**What you need to do:** Produce a perfect copy of the listing, matching each line.

-=-=-

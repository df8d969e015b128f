//! Laws of containment under rules, each the contract of a function that does nothing.

ghost use Rattle.ucq_within.specs.Needless.{FollowsIsContainment};

/// A rule follows from others, so that with it no query has more answers over any facts, exactly where under the others the
/// query of its body is contained in that of its head.
pub fn follows_is_containment()
    ensures { FollowsIsContainment }
{}
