//! Pieces.
use std::marker::Model;

/// A map from some of a query's atoms to atoms of a rule's head: pairs of the place of an atom of the query and the place
/// of an atom of the head, in rising order of the first.
#[derive(Drop)]
pub struct Piece {
    pub pairs: Vec<(u32, u32)>,
}

impl Model for Piece {
    ghost use Rattle.std.specs.Prelude.{ℕ, List, map};
    ghost use Rattle.std.specs.List.Sorted.{IsStrictlyIncreasing};
    ghost use Rattle.ucq_terms.specs.Unifier.{places};

    ghost Value = { List (ℕ × ℕ) };

    ghost view = { λ p. p.pairs.items };

    ghost invariant = { λ p. IsStrictlyIncreasing (places p.pairs.items) };
}
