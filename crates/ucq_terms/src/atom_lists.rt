//! Lists of atoms.
ghost use Rattle.std.specs.Prelude.{◌≡◌, ◌<◌, ◌≤◌, ◌*◌, ◌^◌, length, IfOk, OnOk, IsTrue, ◌↔◌};
ghost use Rattle.ucq_terms.specs.Syntax.{OccursIn};
ghost use Rattle.ucq_terms.specs.Numbering.{with_atom, each_once as atoms_each_once};

use crate::{Atom, NoMemory, Term};
use std::alloc::Global;

/// How many terms the atoms have, together.
pub(crate) fn term_count(atoms: &[Atom]) -> usize
    requires { length atoms.now < 2 ^ 32 }
    ensures { result ≤ 16 * length atoms.now }
{
    let mut count = 0;
    for atom in atoms {
        count += atom.terms().len();
    }
    count
}

/// The atoms, each once, where it first stands.
pub(crate) fn each_once(alloc: Global, atoms: Vec<Atom>) -> Result<Vec<Atom>, NoMemory>
    ensures { IfOk result (λ kept. kept.items ≡ atoms_each_once atoms.items) }
{
    let mut kept = Vec::with_capacity(alloc, atoms.len())?;
    for atom in atoms {
        keep(&mut kept, atom)?;
    }
    Ok(kept)
}

// Keeps the atom, which stands last, where no equal one is kept.
fn keep(kept: &mut Vec<Atom>, atom: Atom) -> Result<(), NoMemory>
    ensures { OnOk result (kept.new.items ≡ with_atom kept.old.items atom) }
{
    if kept.contains(&atom) {
        return Ok(());
    }
    kept.push(atom)?;
    Ok(())
}

/// Whether the term stands in one of the atoms.
pub(crate) fn occurs(atoms: &[Atom], term: Term) -> bool
    ensures { IsTrue result ↔ OccursIn atoms.now term }
{
    atoms.iter().any(|atom| atom.terms().contains(&term))
}
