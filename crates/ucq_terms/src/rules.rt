//! Existential rules.
ghost use Rattle.std.specs.Prelude.{◌≡◌, ◌<◌, ◌≤◌, ◌↔◌, length, vec_len, IfOk, OnOk, IsTrue};
ghost use Rattle.ucq_terms.specs.Chase.{IsExistential, IsFrontier};
ghost use Rattle.ucq_terms.specs.Equality.{rule_eq, IsEquivalence-rule_eq, IsPartialEquivalence-rule_eq};
ghost use Rattle.ucq_terms.specs.Numbering.{numbered_rule};
ghost use Rattle.ucq_terms.specs.Rule.{IsNumberedRule};

use crate::atom_lists::{occurs, term_count};
use crate::variables::number_atoms;
use crate::{Atom, NoMemory, Term};
use indexmap::IndexSet;
use std::alloc::Global;
use std::marker::Model;

/// An existential rule: 1 to 32 atoms of a head, and 1 to 32 of a body. Its variables are numbered from 0 by first
/// occurrence, those of the head first, so they are below 1,024.
#[derive(Drop)]
pub struct Rule {
    heads: Vec<Atom>,
    body: Vec<Atom>,
}

impl Model for Rule {
    ghost use Rattle.ucq_terms.specs.Syntax.{Rule as RuleValue};

    ghost Value = { RuleValue };

    ghost use Rattle.ucq_terms.specs.Rule.{IsKeptRule};

    ghost view = { λ r. record { heads = r.heads.items; body = r.body.items } };

    ghost invariant = { λ r. IsKeptRule (record { heads = r.heads.items; body = r.body.items }) };
}

impl Rule {
    ghost use Rattle.ucq_terms.specs.Rule.{IsKeptRule};

    /// The rule of this head and this body, with its variables numbered from 0 by first occurrence, heads first.
    pub fn new(alloc: Global, mut heads: Vec<Atom>, mut body: Vec<Atom>) -> Result<Rule, NoMemory>
        requires some_heads { 0 < vec_len heads }
        requires few_heads { vec_len heads ≤ 32 }
        requires some_body { 0 < vec_len body }
        requires few_body { vec_len body ≤ 32 }
        ensures { IfOk result (λ r.
            r ≡ numbered_rule (record { heads = heads.items; body = body.items })) }
    {
        number(alloc, heads.as_mut_slice(), body.as_mut_slice())?;
        Ok(Rule { heads, body })
    }

    /// The atoms of the head.
    pub fn heads(&self) -> &[Atom]
        ensures heads { result.now ≡ self.now.heads }
        ensures kept { IsKeptRule self.now }
    {
        self.heads.as_slice()
    }

    /// The atoms of the body.
    pub fn body(&self) -> &[Atom]
        ensures body { result.now ≡ self.now.body }
        ensures kept { IsKeptRule self.now }
    {
        self.body.as_slice()
    }

    /// Whether the variable occurs in the head alone.
    pub fn is_existential(&self, variable: u32) -> bool
        ensures { IsTrue result ↔ IsExistential self.now variable }
    {
        let term = Term::Variable(variable);
        occurs(self.heads(), term) && !occurs(self.body(), term)
    }

    /// Whether the variable occurs both in the head and in the body.
    pub fn is_frontier(&self, variable: u32) -> bool
        ensures { IsTrue result ↔ IsFrontier self.now variable }
    {
        let term = Term::Variable(variable);
        occurs(self.heads(), term) && occurs(self.body(), term)
    }
}

impl PartialEq for Rule {
    ghost eq = { rule_eq };

    ghost laws = { IsPartialEquivalence-rule_eq };

    fn eq(&self, other: &Rule) -> bool {
        self.heads == other.heads && self.body == other.body
    }
}

impl Eq for Rule {
    ghost laws = { IsEquivalence-rule_eq };
}

// Numbers the variables of the head and of the body from 0 by first occurrence, heads first.
fn number(alloc: Global, heads: &mut [Atom], body: &mut [Atom]) -> Result<(), NoMemory>
    requires few_heads { length heads.old ≤ 32 }
    requires few_body { length body.old ≤ 32 }
    ensures { OnOk
        result
        (IsNumberedRule
        (record { heads = heads.old; body = body.old })
        (record { heads = heads.new; body = body.new })) }
{
    let mut order = IndexSet::with_capacity(alloc, term_count(heads) + term_count(body))?;
    number_atoms(&mut order, heads)?;
    number_atoms(&mut order, body)?;
    Ok(())
}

-=-=-

**Solved exercise:**
repository df8d969e015b128f
//! Laws of containment under rules, each the contract of a function that does nothing.

ghost use Rattle.ucq_within.specs.Needless.{FollowsIsContainment};

/// A rule follows from others, so that with it no query has more answers over any facts, exactly where under the others the
/// query of its body is contained in that of its head.
pub fn follows_is_containment()
    ensures { FollowsIsContainment }
{}
//! Pieces.
use std::marker::Model;

/// A map from some of a query's atoms to atoms of a rule's head: pairs of the place of an atom of the query and the place
/// of an atom of the head, in rising order of the first.
#[derive(Drop)]
pub struct Piece {
    pub pairs: Vec<(u32, u32)>,
}

impl Model for Piece {
    ghost use Rattle.std.specs.Prelude.{ℕ, List, map};
    ghost use Rattle.std.specs.List.Sorted.{IsStrictlyIncreasing};
    ghost use Rattle.ucq_terms.specs.Unifier.{places};

    ghost Value = { List (ℕ × ℕ) };

    ghost view = { λ p. p.pairs.items };

    ghost invariant = { λ p. IsStrictlyIncreasing (places p.pairs.items) };
}
filename crates/ucq_terms/src/atom_lists.rt
//! Lists of atoms.
ghost use Rattle.std.specs.Prelude.{◌≡◌, ◌<◌, ◌≤◌, ◌*◌, ◌^◌, length, IfOk, OnOk, IsTrue, ◌↔◌};
ghost use Rattle.ucq_terms.specs.Syntax.{OccursIn};
ghost use Rattle.ucq_terms.specs.Numbering.{with_atom, each_once as atoms_each_once};

use crate::{Atom, NoMemory, Term};
use std::alloc::Global;

/// How many terms the atoms have, together.
pub(crate) fn term_count(atoms: &[Atom]) -> usize
    requires { length atoms.now < 2 ^ 32 }
    ensures { result ≤ 16 * length atoms.now }
{
    let mut count = 0;
    for atom in atoms {
        count += atom.terms().len();
    }
    count
}

/// The atoms, each once, where it first stands.
pub(crate) fn each_once(alloc: Global, atoms: Vec<Atom>) -> Result<Vec<Atom>, NoMemory>
    ensures { IfOk result (λ kept. kept.items ≡ atoms_each_once atoms.items) }
{
    let mut kept = Vec::with_capacity(alloc, atoms.len())?;
    for atom in atoms {
        keep(&mut kept, atom)?;
    }
    Ok(kept)
}

// Keeps the atom, which stands last, where no equal one is kept.
fn keep(kept: &mut Vec<Atom>, atom: Atom) -> Result<(), NoMemory>
    ensures { OnOk result (kept.new.items ≡ with_atom kept.old.items atom) }
{
    if kept.contains(&atom) {
        return Ok(());
    }
    kept.push(atom)?;
    Ok(())
}

/// Whether the term stands in one of the atoms.
pub(crate) fn occurs(atoms: &[Atom], term: Term) -> bool
    ensures { IsTrue result ↔ OccursIn atoms.now term }
{
    atoms.iter().any(|atom| atom.terms().contains(&term))
}
filename crates/ucq_terms/src/rules.rt
//! Existential rules.
ghost use Rattle.std.specs.Prelude.{◌≡◌, ◌<◌, ◌≤◌, ◌↔◌, length, vec_len, IfOk, OnOk, IsTrue};
ghost use Rattle.ucq_terms.specs.Chase.{IsExistential, IsFrontier};
ghost use Rattle.ucq_terms.specs.Equality.{rule_eq, IsEquivalence-rule_eq, IsPartialEquivalence-rule_eq};
ghost use Rattle.ucq_terms.specs.Numbering.{numbered_rule};
ghost use Rattle.ucq_terms.specs.Rule.{IsNumberedRule};

use crate::atom_lists::{occurs, term_count};
use crate::variables::number_atoms;
use crate::{Atom, NoMemory, Term};
use indexmap::IndexSet;
use std::alloc::Global;
use std::marker::Model;

/// An existential rule: 1 to 32 atoms of a head, and 1 to 32 of a body. Its variables are numbered from 0 by first
/// occurrence, those of the head first, so they are below 1,024.
#[derive(Drop)]
pub struct Rule {
    heads: Vec<Atom>,
    body: Vec<Atom>,
}

impl Model for Rule {
    ghost use Rattle.ucq_terms.specs.Syntax.{Rule as RuleValue};

    ghost Value = { RuleValue };

    ghost use Rattle.ucq_terms.specs.Rule.{IsKeptRule};

    ghost view = { λ r. record { heads = r.heads.items; body = r.body.items } };

    ghost invariant = { λ r. IsKeptRule (record { heads = r.heads.items; body = r.body.items }) };
}

impl Rule {
    ghost use Rattle.ucq_terms.specs.Rule.{IsKeptRule};

    /// The rule of this head and this body, with its variables numbered from 0 by first occurrence, heads first.
    pub fn new(alloc: Global, mut heads: Vec<Atom>, mut body: Vec<Atom>) -> Result<Rule, NoMemory>
        requires some_heads { 0 < vec_len heads }
        requires few_heads { vec_len heads ≤ 32 }
        requires some_body { 0 < vec_len body }
        requires few_body { vec_len body ≤ 32 }
        ensures { IfOk result (λ r.
            r ≡ numbered_rule (record { heads = heads.items; body = body.items })) }
    {
        number(alloc, heads.as_mut_slice(), body.as_mut_slice())?;
        Ok(Rule { heads, body })
    }

    /// The atoms of the head.
    pub fn heads(&self) -> &[Atom]
        ensures heads { result.now ≡ self.now.heads }
        ensures kept { IsKeptRule self.now }
    {
        self.heads.as_slice()
    }

    /// The atoms of the body.
    pub fn body(&self) -> &[Atom]
        ensures body { result.now ≡ self.now.body }
        ensures kept { IsKeptRule self.now }
    {
        self.body.as_slice()
    }

    /// Whether the variable occurs in the head alone.
    pub fn is_existential(&self, variable: u32) -> bool
        ensures { IsTrue result ↔ IsExistential self.now variable }
    {
        let term = Term::Variable(variable);
        occurs(self.heads(), term) && !occurs(self.body(), term)
    }

    /// Whether the variable occurs both in the head and in the body.
    pub fn is_frontier(&self, variable: u32) -> bool
        ensures { IsTrue result ↔ IsFrontier self.now variable }
    {
        let term = Term::Variable(variable);
        occurs(self.heads(), term) && occurs(self.body(), term)
    }
}

impl PartialEq for Rule {
    ghost eq = { rule_eq };

    ghost laws = { IsPartialEquivalence-rule_eq };

    fn eq(&self, other: &Rule) -> bool {
        self.heads == other.heads && self.body == other.body
    }
}

impl Eq for Rule {
    ghost laws = { IsEquivalence-rule_eq };
}

// Numbers the variables of the head and of the body from 0 by first occurrence, heads first.
fn number(alloc: Global, heads: &mut [Atom], body: &mut [Atom]) -> Result<(), NoMemory>
    requires few_heads { length heads.old ≤ 32 }
    requires few_body { length body.old ≤ 32 }
    ensures { OnOk
        result
        (IsNumberedRule
        (record { heads = heads.old; body = body.old })
        (record { heads = heads.new; body = body.new })) }
{
    let mut order = IndexSet::with_capacity(alloc, term_count(heads) + term_count(body))?;
    number_atoms(&mut order, heads)?;
    number_atoms(&mut order, body)?;
    Ok(())
}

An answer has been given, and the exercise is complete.